Pham Hau, 1938. « Cerfs et biches dans la moyenne région » ou quand le réel ne peut pas être réaliste

6 novembre 2020 Non Par Jean-François Hubert

Ce magnifique paravent rend hommage à la virtuosité dans l’art de la laque de l’école vietnamienne. La qualité technique et la suavité du thème dont il témoigne en font une œuvre importante de belle dimension (152 X 216 cm). Le style de signature rencontrée ici avec les trois caractères « Pham Quang Hau » inscrit dans une belle graphie chinoise, la distinction du sceau de l’artiste ainsi que (et bien plus) la haute qualité d’exécution de l’œuvre postulent une datation circa 1938.

Pham Hau - Cerfs et biches dans la moyenne région
Pham Hau – Cerfs et biches dans la moyenne région

Ce n’est pas faire affront à l’artiste mais il convient de rappeler ici et encore que Pham Hau (mais aussi par exemple Nguyen Gia Tri, parmi tant d’autres) firent appel à des aides pour, au-delà du fastidieux ponçage, collaborer avec eux à l’exécution de leurs œuvres. Ce n’est pas spécifiquement vietnamien, les notions françaises de « L’artiste et son atelier », « Atelier de… », « Attribué à.. » et autres distinctions plus ou moins subtiles viendraient en témoigner aisément. Précisons que chez Pham Hau la répétition du thème (j’ai eu « dans les mains » plusieurs laques – avec ce thème récurrent de cerfs et biches – très similaires à celui-ci), si la répétition thématique traduit une volonté de satisfaire une clientèle essentiellement française du Vietnam – d’autant plus que si Pham Hau est élogieusement présenté dans l’historiographie vietnamienne officielle contemporaine comme un « grand résistant » , il fut comme Luong Xuan Nhi supporté par les institutions coloniales…

Sa réussite artistique reconnue l’a poussé à laisser sortir de ses ateliers des œuvres certes de qualité mais d’une qualité inégale. Le connaisseur fera la différence…
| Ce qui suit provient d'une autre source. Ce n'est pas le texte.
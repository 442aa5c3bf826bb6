//! Steps and outputs of every form.

ghost use Rattle.std.specs.Prelude.{◌≡◌, ◌<◌, [], ◌∷◌, length, slice_get, Some};
ghost use Rattle.lg_memory.specs.declared.state.State.TheVariants.{None as NoWord, One as OneWord, Many as ManyWords};
ghost use Rattle.lg_memory.specs.Form.{IsForm};
ghost use Rattle.lg_memory.specs.Shape.{FitsInputs, HasShape, words_of, output_widths};
ghost use Rattle.lg_memory.specs.Step.{triggered_words, stepped, outputs};

use crate::counter::{carry, counter_word};
use crate::event::{Event, event_between};
use crate::flip_flop::{flip_stored, inverted};
use crate::form::StateForm;
use crate::inputs::{bit_at, defined_number};
use crate::register::registered;
use crate::shift_register::shift_words;
use crate::state::{State, renew};
use crate::storage::{ram_read, rom_read, store};
use lg_value::{Bit, Word};
use sqlite_items::Items;

/// One step: what the part holds once its inputs go from `old` to `new`. Clear and preset act at every step, clear
/// before preset; else a part stores where its clock triggers.
///
/// The form's numbers and its trigger are in their ranges, the state has the form's shape, and there is a word for each
/// input, in the port's width.
pub fn step(form: &StateForm, state: &mut State, old: &[Word], new: &[Word])
    requires form { IsForm form.now }
    requires shape { HasShape form.now state.old }
    requires old { FitsInputs form.now old.now }
    requires new { FitsInputs form.now new.now }
    ensures words { words_of state.new ≡ stepped form.now (words_of state.old) old.now new.now }
    ensures shape { HasShape form.now state.new }
{
    match event_between(form, old, new) {
        Event::Clear => renew(form, state),
        Event::Preset => *state = State::One(Word::fill(1, Bit::One)),
        Event::Triggered => update(form, state, new),
        Event::Rest => {}
    }
}

// What a trigger makes of a state.
fn update(form: &StateForm, state: &mut State, inputs: &[Word])
    requires form { IsForm form.now }
    requires shape { HasShape form.now state.old }
    requires inputs { FitsInputs form.now inputs.now }
    ensures words { words_of state.new ≡ triggered_words form.now (words_of state.old) inputs.now }
    ensures shape { HasShape form.now state.new }
{
    match state {
        State::None => {}
        State::One(word) => *word = updated(form, word, inputs),
        State::Many(words) => update_words(form, words, inputs),
    }
}

fn updated(form: &StateForm, held: &Word, inputs: &[Word]) -> Word
    requires form { IsForm form.now }
    requires shape { HasShape form.now (OneWord held.now) }
    requires inputs { FitsInputs form.now inputs.now }
    ensures words { result ∷ [] ≡ triggered_words form.now (held.now ∷ []) inputs.now }
    ensures width { length result ≡ length held.now }
{
    match form {
        StateForm::Flip { kind, .. } => Word::fill(1, flip_stored(*kind, held.bit(0), inputs)),
        StateForm::Register { .. } => registered(held, &inputs[0], bit_at(inputs, 1)),
        StateForm::Counter {
            width,
            max,
            goal,
            ..
        } => { counter_word(*goal, *width, *max, held, inputs) }
        StateForm::Shift { .. } | StateForm::Rom { .. } | StateForm::Ram { .. } => unreachable!(),
    }
}

fn update_words(form: &StateForm, words: &mut Items<Word>, inputs: &[Word])
    requires form { IsForm form.now }
    requires shape { HasShape form.now (ManyWords words.old) }
    requires inputs { FitsInputs form.now inputs.now }
    ensures words { words.new ≡ triggered_words form.now words.old inputs.now }
    ensures shape { HasShape form.now (ManyWords words.new) }
{
    match form {
        StateForm::Shift { parallel, .. } => shift_words(*parallel, words, inputs),
        StateForm::Ram { .. } => store(words, inputs),
        _ => unreachable!(),
    }
}

/// The word at an output, from what the part holds and its inputs.
///
/// The form's numbers and its trigger are in their ranges, the state has the form's shape, there is a word for each
/// input, in the port's width, and the form has such an output.
pub fn out(form: &StateForm, state: &State, inputs: &[Word], output: u32) -> Word
    requires form { IsForm form.now }
    requires shape { HasShape form.now state.now }
    requires inputs { FitsInputs form.now inputs.now }
    requires output { output < length (output_widths form.now) }
    ensures word { slice_get (outputs form.now (words_of state.now) inputs.now) output ≡ Some result }
    ensures width { slice_get (output_widths form.now) output ≡ Some (length result) }
{
    match state {
        State::None => read_contents(form, inputs),
        State::One(word) => word_out(form, word, inputs, output),
        State::Many(words) => words_out(form, words.as_slice(), inputs, output),
    }
}

fn read_contents(form: &StateForm, inputs: &[Word]) -> Word
    requires form { IsForm form.now }
    requires shape { HasShape form.now NoWord }
    requires inputs { FitsInputs form.now inputs.now }
    ensures word { outputs form.now [] inputs.now ≡ result ∷ [] }
    ensures width { output_widths form.now ≡ length result ∷ [] }
{
    match form {
        StateForm::Rom { width, words, .. } => {
            rom_read(*width, words.as_slice(), defined_number(&inputs[0]))
        }
        _ => unreachable!(),
    }
}

fn word_out(form: &StateForm, held: &Word, inputs: &[Word], output: u32) -> Word
    requires form { IsForm form.now }
    requires shape { HasShape form.now (OneWord held.now) }
    requires inputs { FitsInputs form.now inputs.now }
    requires output { output < length (output_widths form.now) }
    ensures word { slice_get (outputs form.now (held.now ∷ []) inputs.now) output ≡ Some result }
    ensures width { slice_get (output_widths form.now) output ≡ Some (length result) }
{
    match form {
        StateForm::Register { .. } => *held,
        StateForm::Flip { .. } | StateForm::Counter { .. } if output == 0 => *held,
        StateForm::Flip { .. } => inverted(held),
        StateForm::Counter { max, .. } => {
            Word::fill(1, carry(*max, bit_at(inputs, 2), defined_number(held)))
        }
        StateForm::Shift { .. } | StateForm::Rom { .. } | StateForm::Ram { .. } => unreachable!(),
    }
}

fn words_out(form: &StateForm, words: &[Word], inputs: &[Word], output: u32) -> Word
    requires form { IsForm form.now }
    requires shape { HasShape form.now (ManyWords words.now) }
    requires inputs { FitsInputs form.now inputs.now }
    requires output { output < length (output_widths form.now) }
    ensures word { slice_get (outputs form.now words.now inputs.now) output ≡ Some result }
    ensures width { slice_get (output_widths form.now) output ≡ Some (length result) }
{
    match form {
        StateForm::Shift { parallel: true, .. } => words[output as usize],
        StateForm::Shift { length, .. } => words[*length as usize - 1],
        StateForm::Ram { width, .. } => ram_read(*width, words, defined_number(&inputs[0])),
        _ => unreachable!(),
    }
}
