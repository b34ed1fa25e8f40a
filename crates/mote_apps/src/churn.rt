//! An application that goes through all kinds of memory.

ghost use Rattle.std.specs.Prelude.{◌≡◌};
ghost use Rattle.mote_apps.specs.Churn.{churn_says, call_at, next_made};

use mote_types::app::App;
use mote_types::call::Call;
use mote_types::chunk_of;
use mote_types::event::{Event, INIT, Stimulus};

/// How many calls it makes.
const CALLS: u8 = 18;

/// Makes 18 calls on managed memory, heap memory, a pool and a list when it is started, one after another, whatever the
/// replies are, and waits then (this project's profile).
#[derive(Drop)]
pub struct Churn {
    /// How many of the calls were made.
    pub made: u8,
}

/// The call with this number, counted from 0. After the last one it waits.
fn make_call(number: u8) -> Call
    ensures { result ≡ call_at number }
{
    match number {
        0 => Call::MmemAlloc(0, 10),
        1 => Call::MmemAlloc(1, 20),
        2 => Call::MmemAlloc(2, 30),
        3 => Call::MmemWrite(2, 0, chunk_of(b"churn")),
        4 => Call::MmemFree(0),
        5 => Call::MmemRead(2, 0, 5),
        6 => Call::MmemAvail,
        7 => Call::HeapAlloc(0, 20),
        8 => Call::HeapAlloc(1, 20),
        9 => Call::HeapFree(0),
        10 => Call::HeapAlloc(2, 4),
        11 => Call::HeapStats,
        12 | 13 => Call::MembAlloc(0),
        14 => Call::ListAdd(0, 1),
        15 => Call::ListPush(0, 0),
        16 => Call::ListChop(0),
        17 => Call::MembNumFree(0),
        _ => Call::Wait,
    }
}

impl Churn {
    /// Its calls are spent until it is started.
    pub fn new() -> Self
        ensures { result ≡ record { made = 18 } }
    {
        Churn { made: CALLS }
    }

    /// Makes the next call.
    fn next_call(&mut self) -> Call
        ensures call { result ≡ call_at self.old.made }
        ensures state { self.new ≡ record { made = next_made self.old.made } }
    {
        let call = make_call(self.made);
        if self.made < CALLS {
            self.made += 1;
        }
        call
    }
}

impl App for Churn {
    ghost says = { churn_says };

    fn turn(&mut self, stimulus: &Stimulus) -> Call {
        match stimulus {
            Stimulus::Event(Event { code: INIT, .. }) => {
                self.made = 0;
                self.next_call()
            }
            Stimulus::Answer(_) => self.next_call(),
            _ => Call::Wait,
        }
    }
}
Il est difficile ici d’identifier un endroit précis de la Moyenne Région tant celle-ci en regorge de similaires. Pour autant l’artiste décrit bien les « pains de sucre » et cette atmosphère mystérieuse et envoutante qui s’installe quand la pente s’accroît. Les Vietnamiens de la plaine (essentiellement les Kinh) n’ont jamais vraiment fréquenté cette région souvent considérée comme hostile, peuplée de minorités diverses et dotée d’une flore et d’une faune très différentes de celles du delta tonkinois.

Victor Tardieu, le fondateur de l’École des Beaux-Arts d’Hanoi et ses professeurs encouragèrent très tôt leurs élèves (Pham Hau est de la 5ème promotion 1929-34 avec notamment Tran Binh Lôc et Nguyên Dô Cung) à dépasser le charme de l’envoûtante Hanoi pour découvrir leur pays réel. La Moyenne-Région fut une des destinations favorites des artistes en devenir.
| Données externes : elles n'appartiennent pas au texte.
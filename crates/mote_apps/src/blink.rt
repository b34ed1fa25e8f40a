//! An application that blinks.

ghost use Rattle.std.specs.Prelude.{◌≡◌, false};
ghost use Rattle.mote_types.specs.declared.call.Call as call_of;
ghost use Rattle.mote_apps.specs.Blink.{blink_says, light_text};

use mote_types::app::App;
use mote_types::call::Call;
use mote_types::event::{Event, INIT, Stimulus, TIMER};
use mote_types::push_bytes;
use mote_types::reply::Chunk;

/// The ticks between two changes of the light.
const INTERVAL: u32 = 10;

/// Prints `on` and `off` by turns, each time that its event timer 0 has run out, and resets the timer then (this
/// project's profile).
#[derive(Drop)]
pub struct Blink {
    /// Whether the light is on.
    pub lit: bool,
    /// Whether the light's change is being printed.
    pub printed: bool,
}

/// Writes the call that prints whether the light is on into the buffer.
// A function of its own, since it has room for bytes, which is cleared at its entry. Each text has a fixed length, so it is moved
// without a call.
#[inline(never)]
fn put_light(call: &mut Call, lit: bool)
    ensures { call.new ≡ call_of.Call.Print (record { items = light_text lit }) }
{
    *call = Call::Print(Chunk::new());
    match call {
        Call::Print(text) => {
            if lit {
                push_bytes(text, b"on\n");
            } else {
                push_bytes(text, b"off\n");
            }
        }
        _ => unreachable!(),
    }
}

impl Blink {
    /// The light is off.
    pub fn new() -> Self
        ensures { result ≡ record { lit = false; printed = false } }
    {
        Blink {
            lit: false,
            printed: false,
        }
    }
}

impl App for Blink {
    ghost says = { blink_says };

    fn turn(&mut self, stimulus: &Stimulus) -> Call {
        let mut call = Call::Wait;
        self.turn_into(stimulus, &mut call);
        call
    }

    #[inline(never)]
    fn turn_into(&mut self, stimulus: &Stimulus, call: &mut Call) {
        match stimulus {
            Stimulus::Event(Event { code: INIT, .. }) => {
                *self = Blink::new();
                *call = Call::TimerSet(0, INTERVAL);
            }
            Stimulus::Event(Event { code: TIMER, .. }) => {
                self.lit = !self.lit;
                self.printed = true;
                put_light(call, self.lit);
            }
            Stimulus::Answer(_) if self.printed => {
                self.printed = false;
                *call = Call::TimerReset(0);
            }
            _ => *call = Call::Wait,
        }
    }
}
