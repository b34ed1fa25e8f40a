//! Calls with bytes, written into the caller's buffer.

ghost use Rattle.std.specs.Prelude.{◌≡◌, ◌≤◌, length};
ghost use Rattle.mote_types.specs.declared.call.Call as call_of;

use mote_types::call::Call;
use mote_types::reply::Chunk;

/// Writes the call that prints these bytes into the buffer, with the bytes at once.
// A function of its own, since it has room for bytes, which is cleared at its entry.
#[inline(never)]
pub(crate) fn put_print(call: &mut Call, bytes: &[u8])
    requires { length bytes.now ≤ 64 }
    ensures { call.new ≡ call_of.Call.Print (record { items = bytes.now }) }
{
    *call = Call::Print(Chunk::new());
    match call {
        Call::Print(chunk) => {
            let _ = chunk.try_extend_from_slice(bytes);
        }
        _ => unreachable!(),
    }
}

/// Writes the call that writes these bytes into managed block 0, from an offset on, into the buffer.
// Likewise.
#[inline(never)]
pub(crate) fn put_write(call: &mut Call, at: u32, bytes: &[u8])
    requires { length bytes.now ≤ 64 }
    ensures { call.new ≡ call_of.Call.MmemWrite 0 at (record { items = bytes.now }) }
{
    *call = Call::MmemWrite(0, at, Chunk::new());
    match call {
        Call::MmemWrite(_, _, chunk) => {
            let _ = chunk.try_extend_from_slice(bytes);
        }
        _ => unreachable!(),
    }
}
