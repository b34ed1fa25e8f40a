//! An application that greets once.

ghost use Rattle.mote_apps.specs.Hello.{hello_says};

use mote_types::app::App;
use mote_types::call::Call;
use mote_types::chunk_of;
use mote_types::event::{Event, INIT, Stimulus};

/// Prints `hi` and a line end when it is started, and waits otherwise (this project's profile).
#[derive(Drop)]
pub struct Hello;

impl App for Hello {
    ghost says = { λ _. hello_says };

    fn turn(&mut self, stimulus: &Stimulus) -> Call {
        match stimulus {
            Stimulus::Event(Event { code: INIT, .. }) => Call::Print(chunk_of(b"hi\n")),
            _ => Call::Wait,
        }
    }
}
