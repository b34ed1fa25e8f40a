//! Small applications, each with the table of what it says.
#![tactic(auto)]

pub mod blink;
pub mod bundled;
mod calls;
pub mod chaos;
pub mod churn;
pub mod echo;
pub mod hello;
pub mod ping;
pub mod relay;
pub mod steps;
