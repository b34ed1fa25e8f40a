//! An application that prints what comes in on the serial line.

ghost use Rattle.std.specs.Prelude.{◌≡◌, ◌≤◌, [], length, take, drop};
ghost use Rattle.mote_types.specs.declared.call.Call.{Call};
ghost use Rattle.mote_apps.specs.Echo.{echo_says};

use crate::calls::put_print;
use mote_types::app::App;
use mote_types::call::Call;
use mote_types::event::{Event, Payload, SERIAL_LINE, Stimulus};
use mote_types::reply::Chunk;

/// The bytes of one print.
const CHUNK: usize = 64;

/// Prints each line of the serial line, without its end: by two prints, where it has more than 64 bytes (this project's
/// profile).
#[derive(Drop)]
pub struct Echo {
    /// The part of the line that is still to print.
    pub rest: Chunk,
}

impl Echo {
    /// Nothing is left to print.
    pub fn new() -> Self
        ensures { result ≡ record { rest = record { items = [] } } }
    {
        Echo { rest: Chunk::new() }
    }

    /// Keeps the rest of a line, after its first print, for the next print.
    // Few turns come to this and to `go_on`: by themselves they cost the others no room and no registers.
    #[inline(never)]
    fn keep(&mut self, rest: &[u8])
        requires { length rest.now ≤ 64 }
        ensures { self.new ≡ record { rest = record { items = rest.now } } }
    {
        self.rest.clear();
        let _ = self.rest.try_extend_from_slice(rest);
    }

    /// A line has come in.
    #[tactic(auto, using(std::proofs::lemmas::List::take_min, std::proofs::lemmas::List::drop_min))]
    fn begin(&mut self, line: &[u8], call: &mut Call)
        requires { length line.now ≤ 127 }
        ensures call { call.new ≡ Call.Print (record { items = take 64 line.now }) }
        ensures state { self.new ≡ record { rest = record { items = drop 64 line.now } } }
    {
        if line.len() <= CHUNK && self.rest.is_empty() {
            return put_print(call, line);
        }
        let (front, rest) = line.split_at(CHUNK.min(line.len()));
        self.keep(rest);
        put_print(call, front);
    }

    /// Prints the rest of the line.
    #[inline(never)]
    fn go_on(&mut self, call: &mut Call)
        ensures call { call.new ≡ Call.Print self.old.rest }
        ensures state { self.new ≡ record { rest = record { items = [] } } }
    {
        *call = Call::Print(self.rest.take());
    }
}

impl App for Echo {
    ghost says = { echo_says };

    fn turn(&mut self, stimulus: &Stimulus) -> Call {
        let mut call = Call::Wait;
        self.turn_into(stimulus, &mut call);
        call
    }

    #[inline(never)]
    fn turn_into(&mut self, stimulus: &Stimulus, call: &mut Call) {
        match stimulus {
            Stimulus::Event(
                Event {
                    code: SERIAL_LINE,
                    payload: Payload::Line(line),
                },
            ) => self.begin(line.as_slice(), call),
            Stimulus::Answer(_) if !self.rest.is_empty() => self.go_on(call),
            _ => *call = Call::Wait,
        }
    }
}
Mais un artiste peut se vouloir géographe, n’est pas un topographe. Pham Hau nous peint deux cerfs et trois biches dans un paysage fantasmagorique, un lieu qu’il enjolive plus qu’il ne décrit. Nous sommes à la tombée du jour. Une flore luxuriante sert d’écrin à des animaux qui participent au ballet paisible de la douceur du lieu. Un foisonnement d’or profite aux animaux et au ciel au fond. Des matités ordonnées, des lignes minces ou fortes (troncs d’arbres) dans un camaïeu de bruns leur sert d’écrin.
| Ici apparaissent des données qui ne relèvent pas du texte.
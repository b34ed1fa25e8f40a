//! The applications by their names.

ghost use Rattle.std.specs.Prelude.{◌≡◌};
ghost use Rattle.mote_apps.specs.Bundled.{bundled_says, named};

use crate::blink::Blink;
use crate::churn::Churn;
use crate::echo::Echo;
use crate::hello::Hello;
use crate::ping::Ping;
use crate::relay::Relay;
use mote_types::FromName;
use mote_types::app::App;
use mote_types::call::Call;
use mote_types::event::Stimulus;

/// One of the applications that have a name: it says what that application says.
#[derive(Drop)]
pub enum Bundled {
    Hello(Hello),
    Blink(Blink),
    Echo(Echo),
    Relay(Relay),
    Churn(Churn),
    Ping(Ping),
}

impl Bundled {
    /// The application of this name, as it is before its first turn: `hello`, `blink`, `echo`, `relay`, `churn` or `ping`.
    pub fn named(word: &str) -> Option<Self>
        ensures { result ≡ named word.now }
    {
        match word {
            "hello" => Some(Bundled::Hello(Hello)),
            "blink" => Some(Bundled::Blink(Blink::new())),
            "echo" => Some(Bundled::Echo(Echo::new())),
            "relay" => Some(Bundled::Relay(Relay::new())),
            "churn" => Some(Bundled::Churn(Churn::new())),
            "ping" => Some(Bundled::Ping(Ping::new())),
            _ => None,
        }
    }
}

impl Default for Bundled {
    /// What an unused slot of a list of applications holds.
    fn default() -> Self {
        Bundled::Hello(Hello)
    }
}

impl FromName for Bundled {
    ghost by_name = { named };

    fn from_name(name: &str) -> Option<Self> {
        Bundled::named(name)
    }
}

impl App for Bundled {
    ghost says = { bundled_says };

    fn turn(&mut self, stimulus: &Stimulus) -> Call {
        let mut call = Call::Wait;
        self.turn_into(stimulus, &mut call);
        call
    }

    fn turn_into(&mut self, stimulus: &Stimulus, call: &mut Call) {
        match self {
            Bundled::Hello(hello) => hello.turn_into(stimulus, call),
            Bundled::Blink(blink) => blink.turn_into(stimulus, call),
            Bundled::Echo(echo) => echo.turn_into(stimulus, call),
            Bundled::Relay(relay) => relay.turn_into(stimulus, call),
            Bundled::Churn(churn) => churn.turn_into(stimulus, call),
            Bundled::Ping(ping) => ping.turn_into(stimulus, call),
        }
    }
}
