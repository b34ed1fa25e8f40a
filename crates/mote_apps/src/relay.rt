//! An application that sends each frame that it receives.

ghost use Rattle.std.specs.Prelude.{◌≡◌};
ghost use Rattle.mote_apps.specs.Relay.{relay_says, step_at};
ghost use Rattle.mote_apps.specs.declared.relay.Stage.{Stage};

use crate::calls::put_write;
use mote_types::app::App;
use mote_types::call::Call;
use mote_types::event::{Event, INIT, PACKET, Payload, Stimulus};
use mote_types::reply::Reply;

/// The bytes of one read.
const CHUNK: u8 = 64;

/// Which reply is awaited.
#[derive(Clone, Copy, Drop)]
pub enum Stage {
    /// None that matters.
    Idle,
    /// That of the allocation of a block for the frame.
    Allocating,
    /// The first bytes of the frame, at most 64.
    ReadingFront,
    /// That of writing them into the block.
    WritingFront,
    /// The bytes of the frame after its first 64.
    ReadingRest,
    /// That of writing them into the block.
    WritingRest,
    /// That of sending the block.
    Sending,
    /// That of freeing the block.
    Freeing,
    /// That of giving the frame back.
    Finishing,
}

/// Copies each frame that it receives into a managed block, sends the block, and gives block and frame back. A frame that
/// can't be copied is given back unsent (this project's profile).
#[derive(Drop)]
pub struct Relay {
    /// The length of the present frame, from 1 to 127 bytes.
    pub len: u8,
    pub stage: Stage,
}

impl Relay {
    /// It has received nothing.
    pub fn new() -> Self
        ensures { result ≡ record { len = 0; stage = Stage.Idle } }
    {
        Relay {
            len: 0,
            stage: Stage::Idle,
        }
    }

    /// Goes on to the next stage after a reply, by the call that leads to it.
    fn step(&mut self, reply: &Reply, call: &mut Call)
        ensures call { call.new ≡ (step_at self.old.stage self.old.len reply.now).1 }
        ensures state { self.new ≡ record self.old { stage = (step_at self.old.stage self.old.len reply.now).0 } }
    {
        match (self.stage, reply) {
            (Stage::Allocating, Reply::Done) => {
                self.stage = Stage::ReadingFront;
                *call = Call::PacketRead(0, self.len.min(CHUNK));
            }
            (Stage::ReadingFront, Reply::Bytes(bytes)) => {
                self.stage = Stage::WritingFront;
                put_write(call, 0, bytes.as_slice());
            }
            (Stage::WritingFront, Reply::Done) if self.len > CHUNK => {
                self.stage = Stage::ReadingRest;
                *call = Call::PacketRead(u32::from(CHUNK), self.len - CHUNK);
            }
            (Stage::ReadingRest, Reply::Bytes(bytes)) => {
                self.stage = Stage::WritingRest;
                put_write(call, u32::from(CHUNK), bytes.as_slice());
            }
            (Stage::WritingFront | Stage::WritingRest, Reply::Done) => {
                self.stage = Stage::Sending;
                *call = Call::PacketSend(0);
            }
            (Stage::Allocating | Stage::Freeing, _) => {
                self.stage = Stage::Finishing;
                *call = Call::PacketDone;
            }
            (Stage::Finishing | Stage::Idle, _) => {
                self.stage = Stage::Idle;
                *call = Call::Wait;
            }
            _ => {
                self.stage = Stage::Freeing;
                *call = Call::MmemFree(0);
            }
        }
    }
}

impl App for Relay {
    ghost says = { relay_says };

    fn turn(&mut self, stimulus: &Stimulus) -> Call {
        let mut call = Call::Wait;
        self.turn_into(stimulus, &mut call);
        call
    }

    #[inline(never)]
    fn turn_into(&mut self, stimulus: &Stimulus, call: &mut Call) {
        match stimulus {
            Stimulus::Event(Event { code: INIT, .. }) => {
                self.stage = Stage::Idle;
                *call = Call::PacketOpen;
            }
            Stimulus::Event(
                Event {
                    code: PACKET,
                    payload: Payload::Num(n),
                },
            ) if *n >= 1 && *n <= 127 => {
                self.len = *n as u8;
                self.stage = Stage::Allocating;
                *call = Call::MmemAlloc(0, *n);
            }
            Stimulus::Answer(reply) => self.step(reply, call),
            _ => *call = Call::Wait,
        }
    }
}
La civilisation vietnamienne, héritière d’une tradition agricole très ancienne privilégie les représentations d’animaux plutôt paisibles voire craintifs comme, parmi d’autres, le cerf, le buffle ou le crapaud. D’autres cultures – de tradition pastorale – mettent plutôt en exergue des animaux prédateurs comme le loup, le tigre, le faucon et l’aigle.

On pense à la célèbre chanson populaire vietnamienne :

« Oh cerfs de la forêt là-bas
Qui grignotez de jeunes pousses
De va et sycomore
Vous m’avez vu
Je ne vous pourchasserai pas
Pourquoi me fuir ainsi ?
 »
Le Pivert.

Pham Hau nous le rappelle ici : un grand artiste peint ce qu’il sait quand il ne sait pas ce qu’il peint.

Pour lui, le réel n’est jamais réaliste.